Aim of the task
Wherever "self" turns up in a line of the entries below, that line counts. Say how many such lines there are, with no other words.

Records for this task
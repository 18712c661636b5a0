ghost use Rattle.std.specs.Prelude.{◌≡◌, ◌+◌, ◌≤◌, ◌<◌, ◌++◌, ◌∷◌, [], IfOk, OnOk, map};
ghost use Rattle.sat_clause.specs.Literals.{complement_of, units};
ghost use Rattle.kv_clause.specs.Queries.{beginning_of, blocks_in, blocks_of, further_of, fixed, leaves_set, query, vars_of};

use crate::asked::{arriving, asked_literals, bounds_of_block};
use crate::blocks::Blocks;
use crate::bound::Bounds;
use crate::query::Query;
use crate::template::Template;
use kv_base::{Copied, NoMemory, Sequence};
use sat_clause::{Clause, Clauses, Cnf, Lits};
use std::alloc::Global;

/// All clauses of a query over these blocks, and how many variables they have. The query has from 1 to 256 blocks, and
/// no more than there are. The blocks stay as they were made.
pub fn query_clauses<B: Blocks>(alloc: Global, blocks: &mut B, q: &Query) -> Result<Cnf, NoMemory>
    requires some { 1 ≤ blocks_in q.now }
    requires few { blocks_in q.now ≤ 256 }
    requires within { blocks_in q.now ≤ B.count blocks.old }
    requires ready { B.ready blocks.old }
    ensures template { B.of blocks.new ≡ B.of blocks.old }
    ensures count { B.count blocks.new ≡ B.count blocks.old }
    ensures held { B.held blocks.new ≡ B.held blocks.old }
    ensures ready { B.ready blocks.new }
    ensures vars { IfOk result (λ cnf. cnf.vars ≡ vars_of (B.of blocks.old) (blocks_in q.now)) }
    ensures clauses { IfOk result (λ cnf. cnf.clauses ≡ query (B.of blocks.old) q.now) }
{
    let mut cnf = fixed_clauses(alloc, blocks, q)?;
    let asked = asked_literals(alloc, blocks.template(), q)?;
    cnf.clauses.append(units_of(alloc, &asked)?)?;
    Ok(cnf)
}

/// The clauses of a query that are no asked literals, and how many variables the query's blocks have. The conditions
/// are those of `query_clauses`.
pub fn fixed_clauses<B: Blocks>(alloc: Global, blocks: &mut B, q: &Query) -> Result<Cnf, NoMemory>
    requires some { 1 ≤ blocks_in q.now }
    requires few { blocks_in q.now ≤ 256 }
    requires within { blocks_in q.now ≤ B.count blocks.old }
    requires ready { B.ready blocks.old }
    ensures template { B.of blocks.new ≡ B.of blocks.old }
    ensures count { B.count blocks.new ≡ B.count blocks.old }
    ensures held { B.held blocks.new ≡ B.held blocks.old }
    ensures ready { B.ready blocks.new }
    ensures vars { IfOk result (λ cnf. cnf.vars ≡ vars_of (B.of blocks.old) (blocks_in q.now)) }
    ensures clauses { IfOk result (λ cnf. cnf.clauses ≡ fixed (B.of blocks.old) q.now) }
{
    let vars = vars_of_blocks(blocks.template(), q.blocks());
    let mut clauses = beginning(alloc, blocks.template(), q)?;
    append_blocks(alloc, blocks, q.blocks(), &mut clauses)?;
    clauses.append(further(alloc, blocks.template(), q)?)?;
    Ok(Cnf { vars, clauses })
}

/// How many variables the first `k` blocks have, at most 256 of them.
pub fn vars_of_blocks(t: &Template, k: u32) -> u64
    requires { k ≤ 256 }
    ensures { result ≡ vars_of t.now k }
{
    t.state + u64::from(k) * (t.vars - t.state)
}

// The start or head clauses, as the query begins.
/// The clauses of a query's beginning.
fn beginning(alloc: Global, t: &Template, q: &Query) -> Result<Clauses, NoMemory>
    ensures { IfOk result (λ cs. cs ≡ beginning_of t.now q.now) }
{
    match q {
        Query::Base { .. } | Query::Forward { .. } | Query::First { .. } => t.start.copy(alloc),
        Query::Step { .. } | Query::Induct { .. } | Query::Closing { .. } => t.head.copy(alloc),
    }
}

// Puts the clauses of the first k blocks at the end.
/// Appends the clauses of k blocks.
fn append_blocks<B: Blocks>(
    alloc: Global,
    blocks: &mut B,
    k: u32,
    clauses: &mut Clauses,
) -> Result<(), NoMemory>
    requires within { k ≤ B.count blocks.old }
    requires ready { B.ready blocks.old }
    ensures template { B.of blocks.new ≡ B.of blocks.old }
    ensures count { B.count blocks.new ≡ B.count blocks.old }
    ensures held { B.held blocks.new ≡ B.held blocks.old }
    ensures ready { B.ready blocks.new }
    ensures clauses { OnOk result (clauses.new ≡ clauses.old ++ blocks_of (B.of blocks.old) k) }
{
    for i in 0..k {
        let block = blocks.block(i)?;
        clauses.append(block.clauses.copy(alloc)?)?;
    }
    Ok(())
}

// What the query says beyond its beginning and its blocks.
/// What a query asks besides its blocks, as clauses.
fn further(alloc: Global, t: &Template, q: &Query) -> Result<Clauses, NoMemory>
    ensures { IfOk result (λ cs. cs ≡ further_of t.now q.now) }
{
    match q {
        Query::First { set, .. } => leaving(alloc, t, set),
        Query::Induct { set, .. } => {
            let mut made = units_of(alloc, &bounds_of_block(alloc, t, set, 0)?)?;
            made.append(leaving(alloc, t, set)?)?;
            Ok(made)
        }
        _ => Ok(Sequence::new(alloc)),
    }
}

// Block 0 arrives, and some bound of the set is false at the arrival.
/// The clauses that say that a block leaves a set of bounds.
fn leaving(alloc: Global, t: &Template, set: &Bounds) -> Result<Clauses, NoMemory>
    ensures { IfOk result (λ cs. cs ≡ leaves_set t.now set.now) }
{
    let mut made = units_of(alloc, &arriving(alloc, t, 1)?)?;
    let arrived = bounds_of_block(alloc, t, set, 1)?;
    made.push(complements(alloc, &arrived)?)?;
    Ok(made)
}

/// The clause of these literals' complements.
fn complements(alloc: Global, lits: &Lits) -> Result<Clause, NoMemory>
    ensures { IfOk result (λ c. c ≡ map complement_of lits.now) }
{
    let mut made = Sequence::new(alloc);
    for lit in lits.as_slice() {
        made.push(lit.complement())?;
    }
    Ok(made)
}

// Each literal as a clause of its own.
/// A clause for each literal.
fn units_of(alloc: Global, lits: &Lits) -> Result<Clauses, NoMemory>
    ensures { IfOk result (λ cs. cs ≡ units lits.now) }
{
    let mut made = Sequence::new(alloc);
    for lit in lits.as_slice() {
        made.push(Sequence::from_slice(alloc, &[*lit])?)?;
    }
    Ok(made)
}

* * *

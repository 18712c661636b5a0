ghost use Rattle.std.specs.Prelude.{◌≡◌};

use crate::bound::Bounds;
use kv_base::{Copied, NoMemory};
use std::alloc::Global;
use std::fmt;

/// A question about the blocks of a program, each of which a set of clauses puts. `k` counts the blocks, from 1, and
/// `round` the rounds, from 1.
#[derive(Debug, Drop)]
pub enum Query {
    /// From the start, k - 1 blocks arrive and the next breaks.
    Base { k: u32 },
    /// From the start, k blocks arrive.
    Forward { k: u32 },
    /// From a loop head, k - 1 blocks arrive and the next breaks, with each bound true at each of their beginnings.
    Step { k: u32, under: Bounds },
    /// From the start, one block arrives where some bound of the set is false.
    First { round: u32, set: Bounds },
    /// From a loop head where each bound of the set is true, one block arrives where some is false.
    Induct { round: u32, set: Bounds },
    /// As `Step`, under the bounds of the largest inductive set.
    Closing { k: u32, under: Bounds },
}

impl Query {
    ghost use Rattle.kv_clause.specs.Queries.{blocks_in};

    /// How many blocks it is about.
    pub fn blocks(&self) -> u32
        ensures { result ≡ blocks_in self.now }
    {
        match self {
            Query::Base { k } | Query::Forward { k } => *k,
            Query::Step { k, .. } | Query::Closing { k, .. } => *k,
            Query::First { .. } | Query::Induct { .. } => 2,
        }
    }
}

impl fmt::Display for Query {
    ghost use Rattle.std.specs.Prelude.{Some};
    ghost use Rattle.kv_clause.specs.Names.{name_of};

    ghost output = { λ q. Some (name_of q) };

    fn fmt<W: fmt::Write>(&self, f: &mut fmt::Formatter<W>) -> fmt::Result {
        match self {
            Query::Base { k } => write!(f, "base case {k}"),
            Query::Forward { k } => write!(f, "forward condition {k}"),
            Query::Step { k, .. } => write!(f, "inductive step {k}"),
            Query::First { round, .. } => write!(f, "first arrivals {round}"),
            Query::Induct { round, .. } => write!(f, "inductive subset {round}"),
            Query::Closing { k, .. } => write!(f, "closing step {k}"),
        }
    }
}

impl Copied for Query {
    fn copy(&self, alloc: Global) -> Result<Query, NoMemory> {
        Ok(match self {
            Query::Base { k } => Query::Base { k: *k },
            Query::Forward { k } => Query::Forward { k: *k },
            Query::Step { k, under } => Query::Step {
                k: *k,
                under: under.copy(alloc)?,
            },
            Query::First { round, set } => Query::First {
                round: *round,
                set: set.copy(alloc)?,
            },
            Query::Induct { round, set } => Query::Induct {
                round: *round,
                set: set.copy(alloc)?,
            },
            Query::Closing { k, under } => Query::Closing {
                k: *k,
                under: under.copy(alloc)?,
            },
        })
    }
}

Written answer
7